# Problem details
When transcribing the entries, keep each one exactly as it is.

┄┄┄┄┄┄┄┄┄┄

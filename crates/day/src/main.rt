// Judges the files that the arguments name, each a sheet or a text, as a set, and prints its page.
//
//     day FILE FILE ..               by the library's own table of relations
//     day -t TABLE FILE FILE ..      by the table of the file TABLE
//
// What cannot be opened is said on standard error by its name, and stands in the set as a sheet without bytes. Of a text that has no sheet
// standard error says why, and it stands there as it is, so that it is refused. More files than a set may have are refused: 9, number and
// line are printed.
#![tactic(auto)]

use day_page::PAGE_ROOM;
use judge_ends::MOST_SHEETS;
use judge_result::{LEAST_ROOM, REFUSED};
use program_input::NAME_ROOM;
use sheet_format::{FIELD_END, MOST_BYTES, MOST_SHEET_BYTES};
use sheet_table_file::TABLE_READ;
use std::env::Env;
use std::io;
use std::rt::Files;
use text_begins::MOST_TEXT;
use text_to_sheet::NotMade;
use text_writer::TEXT_ROOM;

// What is read of a file: one byte more than a text may have, so that a longer one is refused.
const READ: usize = MOST_TEXT + 1;

// What is kept of it: one byte more than a sheet may have, so that a longer one is refused.
const KEPT: usize = MOST_SHEET_BYTES + 1;

// So many files: one more than a set may have, so that more are refused.
const FILES: usize = MOST_SHEETS + 1;

// The bytes that are kept of all of them.
const ROOM: usize = FILES * KEPT;

// The number of an argument that no program has.
const NO_ARGUMENT: usize = usize::MAX;

fn main(rt: HostRuntime) -> io::Result<()> {
    let first = first_file(&rt);
    let mut table = [0u8; TABLE_READ];
    let n = sheet_table_file::table(&rt, &rt.stderr(), table_at(first), &mut table);
    run(&rt, &rt.stderr(), &table[..n], first)
}

// The bytes of files, one file's after the other's, and how many they are.
#[derive(Drop)]
struct Bytes {
    room: [u8; ROOM],
    length: usize,
}

impl Bytes {
    // Puts as many bytes as are kept of a file after the others, if there is room for one more.
    fn put_front(&mut self, s: &[u8]) {
        let n = s.len().min(KEPT);
        if self.length <= ROOM - KEPT {
            self.room[self.length..self.length + n].copy_from_slice(&s[..n]);
            self.length += n;
        }
    }

    fn as_slice(&self) -> &[u8] {
        &self.room[..self.length.min(ROOM)]
    }
}

// Whether the first argument says that a table follows.
fn has_table(env: &impl Env) -> bool {
    let mut word = [0u8; 2];
    env.arg(1, &mut word).is_ok_and(|n| n == 2) && word == *b"-t"
}

// The number of the first argument that names a file to judge.
fn first_file(env: &impl Env) -> usize {
    if has_table(env) { 3 } else { 1 }
}

// The number of the argument that names the table: one that is not there where none is named.
fn table_at(first: usize) -> usize {
    if first == 3 { 2 } else { NO_ARGUMENT }
}

// Judges the files from an argument on by a table, and prints the page.
fn run<R: Env + Files + Print>(
    rt: &R,
    errors: &impl Print,
    table: &[u8],
    first: usize,
) -> io::Result<()> {
    let mut bytes = Bytes {
        room: [0; ROOM],
        length: 0,
    };
    let mut ends = [0usize; FILES];
    for k in 0..FILES {
        let number = first.saturating_add(k);
        if !program_input::has_argument(rt, number) {
            return print(rt, table, bytes.as_slice(), &ends[..k]);
        }
        put_file(rt, errors, table, &mut bytes, number);
        ends[k] = bytes.length;
    }
    print(rt, table, bytes.as_slice(), &ends)
}

// Puts the bytes of the file that an argument names after the others.
fn put_file<R: Env + Files>(
    rt: &R,
    errors: &impl Print,
    table: &[u8],
    bytes: &mut Bytes,
    number: usize,
) {
    let mut name = [0u8; NAME_ROOM];
    let mut given = [0u8; READ];
    if let Some(file) = program_input::read_named(rt, errors, number, &mut name, &mut given) {
        put_given(
            errors,
            table,
            bytes,
            &given[..file.bytes],
            &name[..file.name],
        );
    }
}

// Puts a sheet as it is, and the sheet of a text; a text that has none as it is.
fn put_given(errors: &impl Print, table: &[u8], bytes: &mut Bytes, given: &[u8], name: &[u8]) {
    if !text_begins::is_text(given) {
        return bytes.put_front(given);
    }
    let mut sheet = [0u8; MOST_BYTES];
    match text_to_sheet::sheet_of_by_table(table, given, &mut sheet) {
        Ok(n) => bytes.put_front(&sheet[..n.min(MOST_BYTES)]),
        Err(reason) => {
            complain(errors, name, reason);
            bytes.put_front(given);
        }
    }
}

// Says by the file's name why its text has no sheet, as far as it can be said.
fn complain(errors: &impl Print, name: &[u8], reason: NotMade) {
    let mut words = [0u8; TEXT_ROOM];
    let n = text_message::message(reason, &mut words).min(words.len());
    let _ = errors.write_all(name);
    let _ = errors.write_all(b": ");
    let _ = errors.write_all(&words[..n]);
}

// Judges the set, and prints its page.
fn print(rt: &impl Print, table: &[u8], bytes: &[u8], ends: &[usize]) -> io::Result<()> {
    let mut facts = [0i32; MOST_SHEETS * LEAST_ROOM];
    let mut page = [0u8; PAGE_ROOM];
    match judge_day::judge_day_by_table(table, bytes, ends, &mut facts, &mut page) {
        Ok(day) => rt.write_all(&page[..day.bytes.min(PAGE_ROOM)]),
        Err(cause) => {
            for n in [REFUSED, cause.number(), 0] {
                print_number(rt, n)?;
            }
            rt.write_all(b"\n")
        }
    }
}

// A number that fits a field, as a refusal's numbers do.
fn print_number(rt: &impl Print, n: usize) -> io::Result<()> {
    if n < FIELD_END as usize {
        return rt.write_all(&sheet_fields::field_bytes(n as i32));
    }
    Ok(())
}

┄┄┄┄┄┄┄┄┄┄

# Your solution
filename crates/day/src/main.rt
// Judges the files that the arguments name, each a sheet or a text, as a set, and prints its page.
//
//     day FILE FILE ..               by the library's own table of relations
//     day -t TABLE FILE FILE ..      by the table of the file TABLE
//
// What cannot be opened is said on standard error by its name, and stands in the set as a sheet without bytes. Of a text that has no sheet
// standard error says why, and it stands there as it is, so that it is refused. More files than a set may have are refused: 9, number and
// line are printed.
#![tactic(auto)]

use day_page::PAGE_ROOM;
use judge_ends::MOST_SHEETS;
use judge_result::{LEAST_ROOM, REFUSED};
use program_input::NAME_ROOM;
use sheet_format::{FIELD_END, MOST_BYTES, MOST_SHEET_BYTES};
use sheet_table_file::TABLE_READ;
use std::env::Env;
use std::io;
use std::rt::Files;
use text_begins::MOST_TEXT;
use text_to_sheet::NotMade;
use text_writer::TEXT_ROOM;

// What is read of a file: one byte more than a text may have, so that a longer one is refused.
const READ: usize = MOST_TEXT + 1;

// What is kept of it: one byte more than a sheet may have, so that a longer one is refused.
const KEPT: usize = MOST_SHEET_BYTES + 1;

// So many files: one more than a set may have, so that more are refused.
const FILES: usize = MOST_SHEETS + 1;

// The bytes that are kept of all of them.
const ROOM: usize = FILES * KEPT;

// The number of an argument that no program has.
const NO_ARGUMENT: usize = usize::MAX;

fn main(rt: HostRuntime) -> io::Result<()> {
    let first = first_file(&rt);
    let mut table = [0u8; TABLE_READ];
    let n = sheet_table_file::table(&rt, &rt.stderr(), table_at(first), &mut table);
    run(&rt, &rt.stderr(), &table[..n], first)
}

// The bytes of files, one file's after the other's, and how many they are.
#[derive(Drop)]
struct Bytes {
    room: [u8; ROOM],
    length: usize,
}

impl Bytes {
    // Puts as many bytes as are kept of a file after the others, if there is room for one more.
    fn put_front(&mut self, s: &[u8]) {
        let n = s.len().min(KEPT);
        if self.length <= ROOM - KEPT {
            self.room[self.length..self.length + n].copy_from_slice(&s[..n]);
            self.length += n;
        }
    }

    fn as_slice(&self) -> &[u8] {
        &self.room[..self.length.min(ROOM)]
    }
}

// Whether the first argument says that a table follows.
fn has_table(env: &impl Env) -> bool {
    let mut word = [0u8; 2];
    env.arg(1, &mut word).is_ok_and(|n| n == 2) && word == *b"-t"
}

// The number of the first argument that names a file to judge.
fn first_file(env: &impl Env) -> usize {
    if has_table(env) { 3 } else { 1 }
}

// The number of the argument that names the table: one that is not there where none is named.
fn table_at(first: usize) -> usize {
    if first == 3 { 2 } else { NO_ARGUMENT }
}

// Judges the files from an argument on by a table, and prints the page.
fn run<R: Env + Files + Print>(
    rt: &R,
    errors: &impl Print,
    table: &[u8],
    first: usize,
) -> io::Result<()> {
    let mut bytes = Bytes {
        room: [0; ROOM],
        length: 0,
    };
    let mut ends = [0usize; FILES];
    for k in 0..FILES {
        let number = first.saturating_add(k);
        if !program_input::has_argument(rt, number) {
            return print(rt, table, bytes.as_slice(), &ends[..k]);
        }
        put_file(rt, errors, table, &mut bytes, number);
        ends[k] = bytes.length;
    }
    print(rt, table, bytes.as_slice(), &ends)
}

// Puts the bytes of the file that an argument names after the others.
fn put_file<R: Env + Files>(
    rt: &R,
    errors: &impl Print,
    table: &[u8],
    bytes: &mut Bytes,
    number: usize,
) {
    let mut name = [0u8; NAME_ROOM];
    let mut given = [0u8; READ];
    if let Some(file) = program_input::read_named(rt, errors, number, &mut name, &mut given) {
        put_given(
            errors,
            table,
            bytes,
            &given[..file.bytes],
            &name[..file.name],
        );
    }
}

// Puts a sheet as it is, and the sheet of a text; a text that has none as it is.
fn put_given(errors: &impl Print, table: &[u8], bytes: &mut Bytes, given: &[u8], name: &[u8]) {
    if !text_begins::is_text(given) {
        return bytes.put_front(given);
    }
    let mut sheet = [0u8; MOST_BYTES];
    match text_to_sheet::sheet_of_by_table(table, given, &mut sheet) {
        Ok(n) => bytes.put_front(&sheet[..n.min(MOST_BYTES)]),
        Err(reason) => {
            complain(errors, name, reason);
            bytes.put_front(given);
        }
    }
}

// Says by the file's name why its text has no sheet, as far as it can be said.
fn complain(errors: &impl Print, name: &[u8], reason: NotMade) {
    let mut words = [0u8; TEXT_ROOM];
    let n = text_message::message(reason, &mut words).min(words.len());
    let _ = errors.write_all(name);
    let _ = errors.write_all(b": ");
    let _ = errors.write_all(&words[..n]);
}

// Judges the set, and prints its page.
fn print(rt: &impl Print, table: &[u8], bytes: &[u8], ends: &[usize]) -> io::Result<()> {
    let mut facts = [0i32; MOST_SHEETS * LEAST_ROOM];
    let mut page = [0u8; PAGE_ROOM];
    match judge_day::judge_day_by_table(table, bytes, ends, &mut facts, &mut page) {
        Ok(day) => rt.write_all(&page[..day.bytes.min(PAGE_ROOM)]),
        Err(cause) => {
            for n in [REFUSED, cause.number(), 0] {
                print_number(rt, n)?;
            }
            rt.write_all(b"\n")
        }
    }
}

// A number that fits a field, as a refusal's numbers do.
fn print_number(rt: &impl Print, n: usize) -> io::Result<()> {
    if n < FIELD_END as usize {
        return rt.write_all(&sheet_fields::field_bytes(n as i32));
    }
    Ok(())
}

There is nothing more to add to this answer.